“No Brasil só me vence Jesus Cristo”
LULA DA SILVA
Numa emotiva conferência de imprensa dada quinta-feira em São Paulo, o ex-Presidente Luiz Inácio Lula da Silva rebateu a denúncia apresentada pelo Ministério Público Federal e atribuiu as graves acusações de corrupção contra si à vontade das “elites” brasileiras de acabarem com sua vida política.
“Estou a falar como um cidadão indignado. Eu tenho uma história pública conhecida. No Brasil só Jesus Cristo me vence”, declarou Lula, denunciado na véspera pelo procurador Deltan Dallagnol como o “comandante máximo” da gigantesca rede de corrupção da Petrobras.
Numa resposta eminentemente política, no tom das acusações feitas, o ex-Presidente, que governou entre 2003 e 2010 e potencial candidato às eleições de 2018, procurou uma abordagem emocional ao falar com os eleitores do Partido dos Trabalhadores (PT), declarando o seu “orgulho de ter criado o mais importante partido de esquerda da América Latina”.

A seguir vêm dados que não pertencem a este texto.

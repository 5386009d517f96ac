// This file tests programs that `serve` refuses, and those that fail or never end while they are read.

use crate::tests::devices::{Endless, Script};
use crate::tests::replies::{
    EACH_KIND, RUN, ServedRow, expect_reply, expect_served_row, expect_served_rows, reply_to,
    request_of, row, rows,
};
use crate::tests::shared::expect_same;
use ptb_serve::{Note, Outcome};
use ptb_text::{Device, LoadFault};
use std::alloc::{AllocError, Global};
use std::process::Abort;
use std::test::Fail;

const ELEVEN_LINES: &[u8] =
    b"1 P.1\n2 P.1\n3 P.1\n4 P.1\n5 P.1\n6 P.1\n7 P.1\n8 P.1\n9 P.1\n10 P.1\n11 P.1\n";

const REFUSED_PROGRAMS: &[ServedRow<'static>] = rows! {
    (b"32768 P.1", b"", 65, note = Some(Note::Load(1, LoadFault::NumberTooBig))),
    (b"0 P.", b"", 65, note = Some(Note::Load(1, LoadFault::NoNumber))),
    (b"P.1", b"", 65, note = Some(Note::Load(1, LoadFault::NoNumber))),
    (b"10 P.\x7f", b"", 65, note = Some(Note::Load(1, LoadFault::BadByte(6)))),
    (b"10 P.1\n\n\nP.2\n0", b"", 65, note = Some(Note::Load(4, LoadFault::NoNumber))),
    (ELEVEN_LINES, b"", 65, note = Some(Note::Load(11, LoadFault::Full)), memory = 64),
};

#[test]
fn refused_programs(rt: HostRuntime) -> Result<(), Fail> {
    for &row in REFUSED_PROGRAMS {
        for &kind in EACH_KIND {
            expect_served_rows(&rt, rt.alloc(), &[ServedRow { kind, ..row }])?;
        }
    }
    Ok(())
}

// A text, another one so often, a third one, and why they are refused together.
const LONG_PROGRAMS: &[(&str, &str, usize, &str, Note)] = &[
    ("", "9", 200, " P.", Note::Load(1, LoadFault::NumberTooBig)),
    ("10 A=", "9", 254, "", Note::Load(1, LoadFault::TextTooLong)),
    ("", "\n", 1_048_577, "", Note::Load(0, LoadFault::TooLong)),
];

// A program is refused, whatever is asked for.
fn expect_refused(
    rt: &impl Abort,
    alloc: Global,
    program: &[u8],
    note: Note,
) -> Result<(), AllocError> {
    for &kind in EACH_KIND {
        let row = row!(program, b"", 65, kind = kind, note = Some(note));
        expect_served_row(rt, alloc, &row, 4000)?;
    }
    Ok(())
}

#[test]
fn refused_long_programs(rt: HostRuntime) -> Result<(), Fail> {
    for &(before, piece, count, following, note) in LONG_PROGRAMS {
        let middle = piece.repeat(rt.alloc(), count)?;
        let text = format!(in rt.alloc(); "{before}{middle}{following}")?;
        expect_refused(&rt, rt.alloc(), text.as_bytes(), note)?;
    }
    Ok(())
}

// The result of a row whose program can't be read after its bytes.
fn reply_to_unread(alloc: Global, row: &ServedRow<'_>) -> Result<(Outcome, Vec<u8>), AllocError> {
    let request = request_of(alloc, row)?;
    let mut program = Device::new(Script {
        bytes: row.program,
        piece: 1,
        fails: true,
    });
    let mut input = Device::new(&b""[..]);
    Ok(reply_to(alloc, &request, &mut program, &mut input, 1))
}

// It is refused, whatever is asked for.
fn expect_unread(rt: &impl Abort, alloc: Global, program: &[u8]) -> Result<(), AllocError> {
    for &kind in EACH_KIND {
        let row = row!(program, b"", 66, kind = kind);
        let reply = reply_to_unread(alloc, &row)?;
        expect_reply(rt, reply, (66, Some(Note::ProgramUnread)), b"");
    }
    Ok(())
}

// A reader of the program that fails, at once or after its first bytes.
#[test]
fn unread_programs(rt: HostRuntime) -> Result<(), Fail> {
    expect_unread(&rt, rt.alloc(), b"")?;
    expect_unread(&rt, rt.alloc(), b"10 P.")?;
    expect_unread(&rt, rt.alloc(), b"10 P.1\n")?;
    Ok(())
}

// The result of a request whose program is endless, what is written, and how much was read.
fn reply_on_endless_program(
    alloc: Global,
    row: &ServedRow<'_>,
) -> Result<((Outcome, Vec<u8>), usize), AllocError> {
    let request = request_of(alloc, row)?;
    let mut endless = Endless { given: 0 };
    let mut program = Device::new(&mut endless);
    let mut input = Device::new(&b""[..]);
    let reply = reply_to(alloc, &request, &mut program, &mut input, 1);
    Ok((reply, endless.given))
}

#[test]
fn endless_programs(rt: HostRuntime) -> Result<(), Fail> {
    for &kind in EACH_KIND {
        let row = row!(b"", b"", 65, kind = kind);
        let (reply, given) = reply_on_endless_program(rt.alloc(), &row)?;
        let note = Some(Note::Load(0, LoadFault::TooLong));
        expect_reply(&rt, reply, (65, note), b"");
        expect_same(&rt, "a limit", given <= 1_048_577, true);
    }
    Ok(())
}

Lula, que dirigiu o Brasil na sua época de ouro, combatendo a fome e a pobreza e alargando a base da classe média do país, garantiu ser inocente das acusações e desafiou os procuradores a apresentarem provas concretas contra ele. “Ninguém está acima da lei. Quando eu transgredir a lei, punam-me para servir de exemplo”.
Lula emocionou-se ao recordar, com voz embargada, o que considera a sua “maior conquista”: o direito para todos os brasileiros de “andarem de cabeça erguida”.
O ex-Presidente do Brasil continuou a dizer que estará à disposição da justiça e não será por causa disso que perderá o sono. “A história mal começou. Alguns pensam que ela terminou. Eu vou viver muito. Estou com 70 anos, com vontade de viver mais 20”, acrescentou Lula.
Recebido com gritos de “Lula, guerreiro, do povo brasileiro”, ele esteve rodeado na conferência de imprensa por muitos militantes e lideranças do partido durante todo encontro. “Provem uma corrupção minha que eu irei a pé ser preso”, prometeu emocionado.
Contra as elites
Lula também considerou que “o ódio” das elites do Brasil contra as suas políticas sociais explica boa parte das turbulências que levaram, no final de Agosto, à destituição de Dilma pelo Senado, acusada de “maquilhar” as contas públicas, um “golpe tranquilo”, segundo descreveu, que levou Michel Temer ao máximo cargo do país.
O penúltimo capítulo do golpe foi a destituição do deputado ultraconservador Eduardo Cunha, artífice do processo de “impeachment”, mas muito desgastado pelas acusações de corrupção.
Para o ex-Presidente está na hora de “concluir a novela”. “Vão agora provocar o desfecho: colocaram Temer, destituíram Dilma e depois Cunha, e agora querem acabar com a vida política do Lula”.
O presidente do Partido dos Trabalhadores (PT), Rui Falcão, apelou à esquerda para cerrar fileiras em torno de Lula da Silva e continuar a “resistir” à ofensiva da direita.
“Apelamos a todos os democratas para resistirem às manobras desta índole. A solidariedade nacional e internacional para com Lula é fundamental”, disse Falcão.
Lula da Silva, que há uma década impressionava o mundo no comando de um Brasil em franco avanço, acusou o governo de Michel Temer de querer “entregar ao capital estrangeiro” as grandes indústrias nacionais, citando como exemplo a Petrobras.
Mais ácido do que costuma ser, voltou a mostrar a sua retórica diante do microfone. Sem deixar de lado o bom humor e piadas sobre a sua intensa vida pública, Lula lembrou ironicamente o percurso do seu antecessor, Fernando Henrique Cardoso, do Partido Social-Democrata Brasileiro (PSDB).Afirmando que muitos aguardavam a ruína de um metalúrgico sem estudo quando ganhou as eleições de 2002, Lula da Silva assegurou que o próprio Fernando Henrique Cardoso desejava que ele vencesse para impedir a vitória do candidato José Serra, do seu partido, para preparar o terreno para o seu regresso, já que apostava num fracasso do Partido dos Trabalhadores. “O meu fracasso não teria gerado tanto ódio ao Partido dos Trabalhadores”, comentou Lula.
Interrogado sobre as explicações daquele que foi o seu grande opositor em Brasília, Fernando Henrique Cardoso disse quinta-feira que não se queria pronunciar sobre o assunto. “Acredito que o Presidente Lula esteja a passar por um momento difícil. É um momento em que está a desabafar e dizendo o que está ao seu alcance para se justificar. Lamento, sinceramente”, respondeu Fernando Henrique, após um acto do seu partido no Rio de Janeiro.